Cadastro de Acesso – uma alternativa ao conteúdo mínimo obrigatório do cadastro de investidores pessoas naturais nos Participantes da B3

Com o objetivo de reduzir fricções e acelerar a jornada de entrada do investidor pessoa física no mercado de capitais brasileiro, e em linha com diversos pedidos dos nossos clientes, a B3 propôs à CVM a criação de um ambiente regulatório experimental para implementar uma solução simplificada de cadastro de pessoas naturais brasileiras perante os intermediários (“Cadastro de Acesso”), preservando padrões robustos de segurança e integridade.
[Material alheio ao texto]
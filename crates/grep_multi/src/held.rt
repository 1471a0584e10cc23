//! Inputs that are held whole.
ghost use Rattle.std.specs.Prelude.{◌≡◌, ◌≤◌, [], length, take, OnOk};
ghost use Rattle.line_feed.specs.Rows.{Fault, ends_open, has_no_row};
ghost use Rattle.grep_multi.specs.Taken.{TakesOne, TakesAll};
ghost use Rattle.grep_multi.specs.Held.{HoldsInput, bytes_of, lines_of};

use byte_lanes::{EndKind, find_line_end};
use pcre_io::{Memory, Source};
use std::alloc::Global;
use std::marker::Model;

/// The most bytes of an input that is held.
const MOST: usize = 16_777_216;

// At most so many bytes are asked for at a time.
const PIECE: usize = 65_536;

/// The bytes of an input.
#[derive(Drop)]
pub struct Text {
    bytes: Vec<u8>,
}

impl Model for Text {
    ghost use Rattle.std.specs.Prelude.{ℕ, List};

    ghost Value = { List ℕ };

    ghost view = { λ text. text.bytes.items };
}

impl Text {
    /// The bytes.
    pub fn as_slice(&self) -> &[u8]
        ensures { result.now ≡ self.now }
    {
        self.bytes.as_slice()
    }
}

/// An input that is held whole.
#[derive(Drop)]
pub struct Held {
    /// Its bytes; where a read failed, those of the whole lines before that.
    pub text: Text,
    /// Whether a read failed.
    pub faulted: bool,
}

/// Why an input isn't held.
#[derive(Clone, Copy, Debug, PartialEq, Eq)]
pub enum HoldError {
    /// It has more than 16,777,216 bytes.
    TooLarge,
    /// Want of memory.
    Memory,
}

impl From<Memory> for HoldError {
    ghost from_gives = { λ _ e. e ≡ told.Memory };

    ghost use Rattle.std.specs.Prelude.{◌≡◌};
    ghost use Rattle.grep_multi.specs.declared.held.HoldError.TheVariants as told;

    fn from(_e: Memory) -> HoldError {
        HoldError::Memory
    }
}

// What a read came to: bytes, the end of the input, or a fault.
#[derive(Clone, Copy, Debug, PartialEq, Eq)]
enum Came {
    More,
    End,
    Failed,
}

// Makes bytes so long.
fn make_room(bytes: &mut Vec<u8>, size: usize) -> Result<(), Memory>
    requires { length bytes.old.items ≤ size }
    ensures front { OnOk result (take (length bytes.old.items) bytes.new.items ≡ bytes.old.items) }
    ensures len { OnOk result (length bytes.new.items ≡ size) }
{
    bytes.resize(size, 0)?;
    Ok(())
}

// Reads a piece behind the bytes that are there.
fn take_piece<S: Source>(bytes: &mut Vec<u8>, source: &mut S) -> Result<Came, Memory>
    requires { length bytes.old.items ≤ 16777216 }
    ensures { TakesOne bytes.old.items bytes.new.items (S.tells source.old) (S.tells source.new)
        result }
{
    let filled = bytes.len();
    make_room(bytes, filled + PIECE)?;
    match source.read(&mut bytes[filled..filled + PIECE]) {
        Ok(n) => {
            bytes.truncate(filled + n);
            Ok(if n == 0 { Came::End } else { Came::More })
        }
        Err(_) => {
            bytes.truncate(filled);
            Ok(Came::Failed)
        }
    }
}

// Reads up to the end of the input, a fault, or more bytes than an input may have.
fn take_all<S: Source>(bytes: &mut Vec<u8>, source: &mut S) -> Result<Came, Memory>
    requires { bytes.old.items ≡ [] }
    ensures { TakesAll 16777216 bytes.new.items (S.tells source.old) (S.tells source.new) result }
{
    'piece: while bytes.len() <= MOST {
        match take_piece(bytes, source)? {
            Came::More => {}
            came => return Ok(came),
        }
    }
    Ok(Came::More)
}

// Whether bytes end in a CR that an LF behind it would join.
fn ends_open(bytes: &[u8], kind: EndKind) -> bool
    ensures { result ≡ ends_open kind bytes.now }
{
    if bytes.is_empty() {
        return false;
    }
    kind.has_crlf() && bytes[bytes.len() - 1] == 13
}

// Whether bytes behind which a read failed have no whole line, where their first newline begins at k.
fn has_no_row(bytes: &[u8], kind: EndKind, k: usize) -> bool
    requires { k ≤ length bytes.now }
    ensures { result ≡ has_no_row kind bytes.now Fault k }
{
    k == bytes.len() || (ends_open(bytes, kind) && k + 1 == bytes.len())
}

// How many bytes the whole lines have with which bytes begin, where a read failed behind these.
fn whole_len(bytes: &[u8], kind: EndKind) -> usize
    ensures { take result bytes.now ≡ bytes_of (lines_of kind bytes.now Fault) }
{
    let mut rest = bytes;
    'line: loop {
        let end = find_line_end(rest, 0, kind);
        if has_no_row(rest, kind, end.at) {
            return bytes.len() - rest.len();
        }
        rest = &rest[end.at + end.len..];
    }
}

/// Holds an input whole: reads it to its end, or up to a read that fails. Lines end at the newlines of `kind`. At most
/// 16,842,752 bytes are read (pcre2grep, "OPTIONS", -M).
///
/// # Errors
///
/// TooLarge where the source gave more than 16,777,216 bytes; want of memory.
pub fn hold<S: Source>(alloc: Global, kind: EndKind, source: &mut S) -> Result<Held, HoldError>
    ensures { HoldsInput kind (S.tells source.old) (S.tells source.new) result }
{
    let mut bytes = Vec::new(alloc);
    match take_all(&mut bytes, source)? {
        Came::More => Err(HoldError::TooLarge),
        Came::End => Ok(Held {
            text: Text { bytes },
            faulted: false,
        }),
        Came::Failed => {
            let whole = whole_len(bytes.as_slice(), kind);
            bytes.truncate(whole);
            Ok(Held {
                text: Text { bytes },
                faulted: true,
            })
        }
    }
}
Como resultado desse processo colaborativo, a CVM publicou a Resolução CVM nº 225, que institui o Cadastro de Acesso – uma alternativa ao conteúdo mínimo previsto na Resolução CVM nº 50, a qual nossos intermediários que ofertam valores mobiliários precisam seguir.

O que muda na prática:

  • Ambiente experimental, controlado e supervisionado: a RCVM 225 autoriza o uso do Cadastro de Acesso por Participantes devidamente habilitados pela B3, com políticas e controles específicos de verificação de identidade, monitoramento de operações suspeitas e PLD/FTP, sem prejuízo das demais obrigações da RCVM 50.
  • Elegibilidade do investidor: novos cadastros de pessoa natural, brasileira e residente, até R$ 30 mil de portfólio, classificados como menor propensão ao risco. Ao ultrapassar esse limite, ou mudar a classificação de risco, o cadastro deve ser complementado (conteúdo mínimo do Anexo B da RCVM 50).
  • Aprovação prévia das regras da B3: a B3 elaborou o Guia para Cadastro de Acesso que detalha condições, critérios e procedimentos para habilitação e permanência dos participantes no serviço.
  • Vigência do ambiente experimental: a CVM avaliará os resultados do Cadastro de Acesso ao longo de até 5 anos, podendo interromper, prorrogar ou tornar permanente conforme resultados.